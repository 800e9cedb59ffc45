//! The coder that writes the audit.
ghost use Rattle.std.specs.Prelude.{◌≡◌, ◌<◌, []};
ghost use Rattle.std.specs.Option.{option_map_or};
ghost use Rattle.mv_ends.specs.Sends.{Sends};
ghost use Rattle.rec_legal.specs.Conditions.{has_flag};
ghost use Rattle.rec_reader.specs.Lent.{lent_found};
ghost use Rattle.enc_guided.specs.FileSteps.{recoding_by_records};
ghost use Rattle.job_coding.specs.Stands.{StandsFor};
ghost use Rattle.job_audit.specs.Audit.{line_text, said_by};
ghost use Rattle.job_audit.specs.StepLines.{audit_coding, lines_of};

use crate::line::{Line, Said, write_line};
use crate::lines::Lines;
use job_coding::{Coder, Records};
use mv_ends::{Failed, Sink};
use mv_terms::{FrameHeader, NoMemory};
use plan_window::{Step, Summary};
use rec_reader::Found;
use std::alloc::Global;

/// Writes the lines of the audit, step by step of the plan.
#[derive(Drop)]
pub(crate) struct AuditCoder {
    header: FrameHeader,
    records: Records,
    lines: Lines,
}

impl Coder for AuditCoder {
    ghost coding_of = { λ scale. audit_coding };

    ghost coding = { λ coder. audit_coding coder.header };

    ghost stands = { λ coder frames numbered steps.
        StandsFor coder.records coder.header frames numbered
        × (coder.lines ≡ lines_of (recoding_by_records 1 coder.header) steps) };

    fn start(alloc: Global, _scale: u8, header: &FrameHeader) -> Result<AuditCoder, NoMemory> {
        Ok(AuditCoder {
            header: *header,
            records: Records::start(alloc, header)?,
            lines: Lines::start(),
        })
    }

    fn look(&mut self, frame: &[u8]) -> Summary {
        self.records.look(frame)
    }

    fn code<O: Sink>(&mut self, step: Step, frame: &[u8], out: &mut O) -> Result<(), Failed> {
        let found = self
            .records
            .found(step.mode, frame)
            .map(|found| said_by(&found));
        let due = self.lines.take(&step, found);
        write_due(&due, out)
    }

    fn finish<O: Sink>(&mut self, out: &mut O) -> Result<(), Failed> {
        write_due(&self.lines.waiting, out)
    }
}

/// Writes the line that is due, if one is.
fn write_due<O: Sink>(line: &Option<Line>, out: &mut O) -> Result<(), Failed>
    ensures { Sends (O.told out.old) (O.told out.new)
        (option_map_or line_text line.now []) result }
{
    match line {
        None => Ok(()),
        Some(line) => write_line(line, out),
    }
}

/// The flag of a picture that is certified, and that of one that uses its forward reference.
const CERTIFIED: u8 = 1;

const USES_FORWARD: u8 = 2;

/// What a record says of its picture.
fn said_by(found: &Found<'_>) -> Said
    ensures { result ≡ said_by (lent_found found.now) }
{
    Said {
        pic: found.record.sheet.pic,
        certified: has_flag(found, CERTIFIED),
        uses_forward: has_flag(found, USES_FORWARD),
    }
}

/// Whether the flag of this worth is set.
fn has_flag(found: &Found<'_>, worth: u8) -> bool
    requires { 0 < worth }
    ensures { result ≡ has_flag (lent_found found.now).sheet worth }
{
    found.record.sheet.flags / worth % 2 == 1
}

==================================================

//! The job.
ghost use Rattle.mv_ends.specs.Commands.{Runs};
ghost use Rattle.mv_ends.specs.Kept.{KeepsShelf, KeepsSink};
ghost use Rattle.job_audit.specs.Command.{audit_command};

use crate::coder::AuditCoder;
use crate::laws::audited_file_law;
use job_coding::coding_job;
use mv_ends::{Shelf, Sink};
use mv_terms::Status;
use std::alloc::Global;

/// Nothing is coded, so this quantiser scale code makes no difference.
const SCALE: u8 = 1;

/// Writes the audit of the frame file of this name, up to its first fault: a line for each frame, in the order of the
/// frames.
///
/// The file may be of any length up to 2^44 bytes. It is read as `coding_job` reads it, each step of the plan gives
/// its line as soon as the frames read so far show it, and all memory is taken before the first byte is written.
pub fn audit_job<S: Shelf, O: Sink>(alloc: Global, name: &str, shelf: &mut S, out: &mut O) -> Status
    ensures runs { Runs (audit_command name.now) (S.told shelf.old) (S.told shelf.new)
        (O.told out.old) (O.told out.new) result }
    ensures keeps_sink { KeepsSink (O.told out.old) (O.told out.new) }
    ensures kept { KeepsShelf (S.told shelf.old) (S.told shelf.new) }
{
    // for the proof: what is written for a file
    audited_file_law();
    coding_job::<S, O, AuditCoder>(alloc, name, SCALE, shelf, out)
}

==================================================

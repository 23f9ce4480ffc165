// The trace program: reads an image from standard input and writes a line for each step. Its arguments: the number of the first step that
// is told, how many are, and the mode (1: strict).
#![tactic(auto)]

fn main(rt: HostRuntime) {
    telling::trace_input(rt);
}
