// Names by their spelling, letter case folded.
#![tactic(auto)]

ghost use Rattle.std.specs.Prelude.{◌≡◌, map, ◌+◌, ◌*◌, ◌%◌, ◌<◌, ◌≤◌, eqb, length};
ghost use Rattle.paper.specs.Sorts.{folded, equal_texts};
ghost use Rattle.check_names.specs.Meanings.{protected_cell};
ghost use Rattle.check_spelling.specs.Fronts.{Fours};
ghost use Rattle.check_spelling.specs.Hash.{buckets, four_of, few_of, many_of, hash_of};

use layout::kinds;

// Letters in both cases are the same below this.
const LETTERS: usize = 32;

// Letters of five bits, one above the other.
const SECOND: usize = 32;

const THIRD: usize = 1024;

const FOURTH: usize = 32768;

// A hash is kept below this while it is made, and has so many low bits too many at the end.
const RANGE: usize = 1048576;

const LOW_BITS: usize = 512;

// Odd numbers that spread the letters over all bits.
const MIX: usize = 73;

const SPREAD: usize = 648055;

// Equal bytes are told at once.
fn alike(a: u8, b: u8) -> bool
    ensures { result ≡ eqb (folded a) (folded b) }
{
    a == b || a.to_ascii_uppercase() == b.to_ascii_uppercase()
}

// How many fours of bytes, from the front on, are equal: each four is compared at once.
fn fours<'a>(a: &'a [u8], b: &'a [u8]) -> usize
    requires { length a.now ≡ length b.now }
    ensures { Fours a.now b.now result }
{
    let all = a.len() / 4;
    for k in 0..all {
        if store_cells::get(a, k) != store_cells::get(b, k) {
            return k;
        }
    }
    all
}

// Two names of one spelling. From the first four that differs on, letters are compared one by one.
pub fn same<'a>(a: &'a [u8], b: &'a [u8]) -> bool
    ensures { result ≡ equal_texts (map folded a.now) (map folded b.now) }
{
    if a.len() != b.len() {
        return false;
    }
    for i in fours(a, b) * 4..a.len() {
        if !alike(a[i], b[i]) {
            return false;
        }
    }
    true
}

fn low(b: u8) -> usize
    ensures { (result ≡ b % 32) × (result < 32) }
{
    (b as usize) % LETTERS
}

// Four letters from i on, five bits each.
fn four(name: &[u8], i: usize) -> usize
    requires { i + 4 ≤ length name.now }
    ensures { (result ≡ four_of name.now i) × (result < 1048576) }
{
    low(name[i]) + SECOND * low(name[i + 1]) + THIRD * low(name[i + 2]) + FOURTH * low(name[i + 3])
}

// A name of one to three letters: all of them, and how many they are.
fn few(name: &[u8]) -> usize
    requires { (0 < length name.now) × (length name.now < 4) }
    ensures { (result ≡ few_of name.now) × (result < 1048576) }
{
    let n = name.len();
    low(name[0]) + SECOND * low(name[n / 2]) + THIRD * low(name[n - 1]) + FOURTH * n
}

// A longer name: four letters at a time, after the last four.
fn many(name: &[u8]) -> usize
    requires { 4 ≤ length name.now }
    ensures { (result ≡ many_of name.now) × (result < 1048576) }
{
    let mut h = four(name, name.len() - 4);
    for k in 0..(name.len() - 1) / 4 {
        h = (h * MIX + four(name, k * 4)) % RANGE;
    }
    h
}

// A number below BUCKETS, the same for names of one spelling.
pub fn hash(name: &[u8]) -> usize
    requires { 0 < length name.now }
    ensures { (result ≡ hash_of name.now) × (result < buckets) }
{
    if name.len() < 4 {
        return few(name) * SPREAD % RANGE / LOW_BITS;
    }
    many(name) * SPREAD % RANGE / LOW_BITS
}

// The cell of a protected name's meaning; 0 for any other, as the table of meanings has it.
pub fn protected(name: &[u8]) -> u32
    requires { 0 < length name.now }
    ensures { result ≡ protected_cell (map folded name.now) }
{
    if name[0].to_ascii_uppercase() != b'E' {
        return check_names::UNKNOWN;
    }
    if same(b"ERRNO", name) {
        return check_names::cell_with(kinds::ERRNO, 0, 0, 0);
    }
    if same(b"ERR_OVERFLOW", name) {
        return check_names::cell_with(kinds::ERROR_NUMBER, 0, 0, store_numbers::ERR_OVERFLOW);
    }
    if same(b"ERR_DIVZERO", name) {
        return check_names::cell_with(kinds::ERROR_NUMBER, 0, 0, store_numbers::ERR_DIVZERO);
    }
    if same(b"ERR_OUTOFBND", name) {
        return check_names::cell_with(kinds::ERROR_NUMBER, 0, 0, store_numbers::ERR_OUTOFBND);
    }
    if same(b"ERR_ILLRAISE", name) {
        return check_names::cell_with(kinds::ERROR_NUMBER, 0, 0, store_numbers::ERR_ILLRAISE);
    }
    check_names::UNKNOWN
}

==================================================

**Task description:**
Your answer should be one number: how many lines in the material above contain the string "mode".

**Response to the task:**
2